Zhang Lanxin, Collins Simon, Fox Julie, von Kleist Max
Project group 5 "Systems Medicine of Infectious Disease", Robert-Koch Institute, Nordufer 20, Berlin, 13353, Germany.
HIV i-Base, London, UK.
J Int AIDS Soc. 2025 Jun;28 Suppl 1(Suppl 1):e26454. doi: 10.1002/jia2.26454.
Pre- and post-exposure prophylaxis (PrEP and PEP) are important pillars of the HIV prevention portfolio to reduce the risk of acquisition just before or after HIV exposure. While PrEP efficacy has been elucidated in many randomized clinical trials, corresponding data for PEP is extremely difficult to obtain in a controlled setting. Consequently, it is almost impossible to study the impact of PEP initiation delay and duration on HIV risk reduction clinically, which would inform recommendations on PEP use.
We employ pharmacokinetics, pharmacodynamics and viral dynamics models, along with individual factors, such as drug adherence to investigate the impact of initiation delay and PEP duration on HIV risk reduction. We evaluated PEP using two- and three-drug regimens with a TDF/FTC backbone. Moreover, we study PEP efficacy in the context of PrEP-to-PEP transitions.
In our simulations, early initiation of PEP emerged as a pivotal factor for HIV risk reduction. We found that 2-drug (TDF/FTC) PEP may insufficiently protect when initiated > 1 hour post-exposure. When adding a third drug, early initiation was still a critical factor; however, over 90% efficacy could be achieved when PEP was initiated 48 hours post-exposure and taken for at least 14-28 days, depending on the efficacy of the third-drug component. When investigating PrEP-PEP transitions, we observed that preceding PrEP can (1) contribute directly to prophylactic efficacy, and (2) boost subsequent PEP efficacy by delaying initial viral dynamics and building-up drug concentrations, overall facilitating self-managed transitioning between PrEP and PEP.
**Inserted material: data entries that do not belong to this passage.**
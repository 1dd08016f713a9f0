//! A transaction of prepared rows that can be used has an outcome.
//!
//! A crate of laws over the definitions of `prepared_spec`, which says that these are never without an answer. `TransactionsLaws` in `specs/` says what can be used (`IsUsableGroup`) and has the law; `SortsLaws` and `PaddedKeysLaws` have orders, `TablesMadeLaws` the rows of a table behind batches, `ChangesMadeLaws` the projection of an index, its changes and their faults.
#![tactic(auto)]

mod laws;

pub use laws::transaction_has_an_outcome;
Our study confirms the critical role of early (< 48 hours) PEP initiation, preferably with three drugs taken for 28 days. Self-start with TDF/FTC and later addition of a third drug is better than not self-starting. Furthermore, our study highlights the synergy between recent PrEP intake and PEP and may help to inform recommendations on PEP use.
暴露前预防(PrEP)和暴露后预防(PEP)是预防艾滋病病毒(HIV)感染策略的重要组成部分,可降低在HIV暴露前后感染的风险。虽然PrEP的疗效已在许多随机临床试验中得到阐明,但在对照环境中极难获得PEP的相应数据。因此,几乎不可能在临床上研究PEP开始延迟和持续时间对降低HIV风险的影响,而这将为PEP的使用提供建议。
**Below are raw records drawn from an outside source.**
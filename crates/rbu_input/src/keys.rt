// Rows of a `data_` table that have one key.
ghost use Rattle.std.specs.Prelude.{◌≡◌, ◌⊎◌, [], OnOk, IfErr, None};
ghost use Rattle.std.specs.List.{AllByRecursion};
ghost use Rattle.prepared_spec.specs.declared.input_fault.InputFault.{InputFault as AnyFault};
ghost use Rattle.prepared_spec.specs.Inputs.{key_twice};
ghost use Rattle.compared_keys.specs.Keys.{HasKey};
ghost use Rattle.rbu_input.specs.Keys.{IsKeyTwice};
ghost use Rattle.rbu_input.specs.RowAnswers.{IsWant, Refuses};

use crate::fault::InputError;
use compared_keys::{compared_key, key_collations};
use prepared_spec::InputFault;
use rbu_rows::Prepared;
use rbu_value::Bytes;
use schema_spec::Table;
use std::alloc::{AllocError, Global};
use std::collections::BTreeMap;

// The refusal of two rows of one key.
fn refuse_twice(alloc: Global, source: &[u8], first: &Prepared, second: &Prepared) -> InputError
    ensures { IsWant result ⊎ Refuses (λ refused. refused ≡ AnyFault.DuplicateKey source.now first.now.data_rowid second.now.data_rowid) result }
{
    match Bytes::of(alloc, source) {
        Ok(table) => InputError::Refused(InputFault::DuplicateKey {
            table,
            first: first.data_rowid,
            second: second.data_rowid,
        }),
        Err(error) => InputError::Memory(error),
    }
}

/// Refuses two rows of a `data_` table that have one key: the least second row, and the one before it.
pub(crate) fn check_keys(
    alloc: Global,
    source: &[u8],
    target: &Table,
    rows: &[Prepared],
) -> Result<(), InputError>
    requires whole { AllByRecursion (HasKey target.now) rows.now }
    ensures right { OnOk result (key_twice target.now [] rows.now ≡ None) }
    ensures fault { IfErr result (λ fault. IsWant fault ⊎ Refuses (IsKeyTwice source.now target.now rows.now) fault) }
{
    let collations = key_collations(alloc, target)?;
    let mut seen = BTreeMap::new(alloc);
    let mut left = rows;
    while let [row, rest @ ..] = left {
        let key = compared_key(alloc, collations.as_slice(), row.key.as_slice())?;
        match seen.insert(key, row) {
            Ok(Some(first)) => return Err(refuse_twice(alloc, source, first, row)),
            Ok(None) => {}
            Err(_) => return Err(InputError::Memory(AllocError)),
        }
        left = rest;
    }
    Ok(())
}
我们采用药代动力学、药效学和病毒动力学模型,以及个体因素,如药物依从性,来研究开始延迟和PEP持续时间对降低HIV风险的影响。我们使用以替诺福韦酯(TDF)/恩曲他滨(FTC)为基础的二联和三联疗法评估PEP。此外,我们在PrEP向PEP转换的背景下研究PEP的疗效。
在我们的模拟中,尽早开始PEP是降低HIV风险的关键因素。我们发现,暴露后超过1小时开始使用二联(TDF/FTC)PEP可能无法提供充分保护。添加第三种药物时,尽早开始仍然是关键因素;然而,根据第三种药物成分的疗效,暴露后48小时开始使用PEP并持续至少14至28天,可实现超过90%的疗效。在研究PrEP向PEP转换时,我们观察到先前的PrEP可以(1)直接提高预防效果,以及(2)通过延迟初始病毒动力学和积累药物浓度来提高后续PEP的疗效,总体上有助于PrEP和PEP之间的自我管理转换。
我们的研究证实了尽早(<48小时)开始使用PEP的关键作用,最好使用三联疗法并持续28天。自行开始使用TDF/FTC并随后添加第三种药物优于不自行开始。此外,我们的研究突出了近期PrEP使用与PEP之间的协同作用,可能有助于为PEP的使用提供建议。